The implementation method of Python detecting uncommon words _python

Source: Internet
Author: User
Tags character set in python

Solving ideas

The first thought was to use Python's regular expressions to match illegal characters and then find illegal records. But the ideal is always plump, but the reality is brutal. In the process of implementation, only to find their own character encoding, as well as Python internal string representation of the lack of relevant knowledge. During this time, I stepped through a lot of pits, to the end although there are some vague place, but finally there is a general clear understanding. In this record of experience, to avoid falling in the same place later.

The following test environment is a python 2.7.8 environment with ArcGIS 10.3, which is not guaranteed to be applicable to other Python environments.

Python Regular Expressions

The regular functionality in Python is provided by the built-in RE function library, with 3 functions in the main. re.compile() provides a reusable regular expression, match() and the search() function returns a matching result, which is the difference between: match() starting at the specified position and search() searching backwards from the specified position until a matching string is found. For example, the following code match_result starts with the first character F, the matching failure returns a null value search_result , and searches backwards from F until the first matching character A is found, and then the result of the group () function output matches to character A.

Import re Pattern

= re.compile (' [ABC] ')
Match_result = Pattern.match (' fabc ')
if Match_result:
 print Match_result.group ()

search_result = Pattern.search (' fabc ')
if Search_result:
 print Search_ Result.group ()

The above implementation requires that you compile a pattern before you can match it. In fact, we can use re.match(pattern, string) functions directly to achieve the same function. But the way of direct matching without first compiling and matching the way flexible, the first is the regular expression can not be reused, if a large number of data for the same pattern matching, means that each time the need for internal compilation, resulting in performance loss re.match() pattern.match()

Coding problems

Once you know the basics of Python, the rest is to find a suitable regular expression to match uncommon and illegal characters. Illegal characters are simple and can be matched by following pattern:

Pattern = Re.compile (R ' [~!@#$%^&*] ')

However, for the rare words of the match, it really baffled me. First of all, for the definition of rare words, what kind of words are rare words? After consulting the project manager, it is stipulated that the characters of GB2312 belong to uncommon words. The next question is, how do you match GB2312 characters?

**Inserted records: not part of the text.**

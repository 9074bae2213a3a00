//! Laws of the table of states, of its marks, and of the walk through the documents of one size. A code is an event by positions
//! in the lists of names and texts, a node is an element, an attribute or a text, and a state is what a schema still allows after
//! some codes. What a document's codes lead to, how many states there are, and in which order documents are found is said here.
#![tactic(auto)]

ghost use Rattle.std.specs.Prelude.{◌≡◌, ◌≢◌, ◌↔◌, ◌⊎◌, ℕ, suc, ◌+◌, ◌*◌, ◌<◌, ◌≤◌, List, [], ◌∷◌, ◌++◌, length, map, Contains, Bool, IsTrue, true, false, slice_index_or};
ghost use Rattle.std.specs.List.{AllByRecursion};
ghost use Rattle.std.specs.declared.cmp.Ordering.TheVariants.{Less};
ghost use Rattle.rng_model.specs.Texts.{Text, is_white};
ghost use Rattle.rng_model.specs.Names.{Name};
ghost use Rattle.rng_model.specs.Patterns.{Pattern, Schema, IsSimpleForm, not_allowed, text, empty, after};
ghost use Rattle.rng_model.specs.Constructors.{of_members, choice_of, after_of};
ghost use Rattle.rng_model.specs.Hedges.{Skeleton, document, size};
ghost use Rattle.rng_model.specs.Matching.{nullable};
ghost use Rattle.rng_model.specs.Events.{Event, events};
ghost use Rattle.rng_model.specs.Atoms.{Literals};
ghost use Rattle.rng_model.specs.Universe.{Lists, Ascend, AreLiterals, IsElementClass};
ghost use Rattle.rng_model.specs.Restrictions.{BreaksNoRule};
ghost use Rattle.rng_model.specs.Listing.{IsOver, IsListed, Listed};
ghost use Rattle.rng_model.specs.Codes.{Code, nodes, IsInRange, AreCodes, code_cmp};
ghost use Rattle.rng_model.specs.Codes as code;
ghost use Rattle.rng_model.specs.Derivatives.{text_step, attribute_step, opening, map_after, close, ending, where_true};
ghost use Rattle.rng_model.specs.States.{State, step, steps, after_codes, Reach, Tag, Fresh, AfterText, AfterElement, IsAllowed, AreDistinct, ReachesMore};
ghost use Rattle.rng_model.specs.Alike.{AreAlikeCodes, AreAlikeNames};
ghost use Rattle.rng_model.specs.Examples.{one_text, small_lists, a_name, b_name, c_name};
ghost use Rattle.table_laws.specs.Premises.{AreListable};
ghost use Rattle.table_laws.specs.Reaching.{weight, free_code, free_codes_left, state_at, start_state, Leads, GoesInto, HasReach, IsLeastCount};
ghost use Rattle.table_laws.specs.Finishing.{Finish, is_marked, Marked, IsExact, BeginsSkeleton, BeginsListed, CanTake};
ghost use Rattle.table_laws.specs.Walking.{GoesOn, IsFirstCode, IsNextCode, IsLeastRest, NothingAbove, IsNextList, AreListedCodes, IsFirst, IsNext, GoesThrough, IsWalk, AreOfSize};
ghost use Rattle.table_laws.specs.Places.{place_after};
ghost use Rattle.table_laws.specs.Heads.{IsNormalChoice, IsLeaf, HasHeads, choices_of, ending_fresh, IsInsideElements, open_elements};
ghost use Rattle.table_laws.specs.Remainders.{Remainder, AreSame, remainders, entered_at, takes_name};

After inquiry, the range of GB2312 is [\xA1-\xF7][\xA1-\xFE] , of which the Chinese character area is [\xB0-\xF7][\xA1-\xFE] . Therefore, when you add an uncommon word, the expression is:

Pattern = Re.compile (R ' [~!@#$%^&*]|[ ^\XA1-\XF7][^\XA1-\XFE] ')

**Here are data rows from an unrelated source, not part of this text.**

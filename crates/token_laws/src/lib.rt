//! The tokens of the compact syntax, and laws of them: what a schema file says doesn't depend on how it is read.
#![tactic(auto)]

ghost use Rattle.std.specs.Prelude.{◌≡◌, ℕ, List, codes, true, Contains, IsUtf8};
ghost use Rattle.rng_model.specs.Texts.{Text};
ghost use Rattle.rng_model.specs.Names.{is_ncname};
ghost use Rattle.token_laws.specs.Tokens.{Token, Placed, ◌at◌};
ghost use Rattle.token_laws.specs.Names.{names_of};
ghost use Rattle.token_laws.specs.Lexing.{Fault, Tokens, LexRefusal, bad_utf8, bad_character, open_literal, bad_escape, escape_refused};
ghost use Rattle.token_laws.specs.Examples.{one_element, ill_formed};

/// A schema file has at most one list of tokens.
pub fn one_token_list()
    ensures { (bytes : List ℕ) (ts us : List Placed) → Tokens bytes ts → Tokens bytes us → ts ≡ us }
{}

/// A schema file is refused by at most one fault at one place.
pub fn one_lex_refusal()
    ensures { (bytes : List ℕ) (f g : Fault) (p q : ℕ) → LexRefusal bytes f p → LexRefusal bytes g q → (f ≡ g) × (p ≡ q) }
{}

/// A schema file that has tokens isn't refused.
pub fn tokens_or_refusal()
    ensures { (bytes : List ℕ) (ts : List Placed) (f : Fault) (p : ℕ) → Tokens bytes ts → LexRefusal bytes f p → ⊥ }
{}

/// Each name in a token of a schema file is an NCName (Namespaces in XML, section 3).
pub fn names_are_ncnames()
    ensures { (bytes : List ℕ) (ts : List Placed) (t : Token) (a : ℕ) (name : Text) →
        Tokens bytes ts → Contains ts (t at a) → Contains (names_of t) name → IsUtf8 name × (is_ncname name ≡ true) }
{}

/// Worked example: the tokens of a small schema.
pub fn tokens_of_an_element()
    ensures { Tokens (codes "element a { empty }") one_element }
{}

/// Worked examples of faults, each with its place, counted in bytes from 0.
pub fn lexing_faults()
    ensures byte { LexRefusal ill_formed bad_utf8 9 }
    ensures character { LexRefusal (codes "element $ { empty }") bad_character 8 }
    ensures unclosed { LexRefusal (codes "element a { \"x") open_literal 12 }
    ensures beyond { LexRefusal (codes "element a { \"\\x{110000}\" }") bad_escape 13 }
    ensures quote { LexRefusal (codes "element a { \"\\x{22}\" }") escape_refused 13 }
    ensures outside { LexRefusal (codes "\\x{65}lement a { empty }") escape_refused 0 }
{}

The problem seems to be the local solution, but I still too simple too naive. Since the string to be judged is read from a layer file, arcpy carefully encodes the read characters into Unicode format. Therefore, I need to find out the encoding range of the GB2312 character set in Unicode. But the reality is that the distribution of the GB2312 character set in Unicode is not sequential, and using regular representations of this range must be very complex. The idea of using regular expressions to match uncommon words seems to be a dead end.

Solution

Since the supplied string is in Unicode format, can I convert it to GB2312 and then match it? In fact, because the Unicode character set is much larger than the GB2312 character set, it is GB2312 => unicode always achievable, and the converse unicode => GB2312 does not necessarily succeed.

This suddenly gives me another way of thinking, assuming that a string unicode => GB2312 conversion fails, does it just mean that it does not belong to the GB2312 character set? So, I use the unicode_string.encode('GB2312') function to try to convert the string, catch Unicodeencodeerror exception to identify uncommon words.

The final code is as follows:

Import re

def is_rare_name (string): Pattern
 = re.compile (U "[~!@#$%^&*]")
 match = Pattern.search ( String)
 if match: return
 True

 try:
    string.encode ("gb2312")
  except Unicodeencodeerror:
   Return True to return

  False

Summarize

The above is the entire content of this article, I hope the content of this article for everyone's study or work can bring certain help, if you have questions you can message exchange.

Contact Us

The content source of this page is from Internet, which doesn't represent Alibaba Cloud's opinion; products and services mentioned on that page don't have any relationship with Alibaba Cloud. If the content of the page makes you feel confusing, please write us an email, we will handle the problem within 5 days after receiving your email.

If you find any instances of plagiarism from the community, please send an email to: info-contact@alibabacloud.com and provide relevant evidence. A staff member will contact you within 5 working days.

A Free Trial That Lets You Build Big!

Start building with 50+ products and up to 12 months usage for Elastic Compute Service

  • Sales Support

    1 on 1 presale consultation

  • After-Sales Support

    24/7 Technical Support 6 Free Tickets per Quarter Faster Response

  • Alibaba Cloud offers highly flexible support services tailored to meet your exact needs.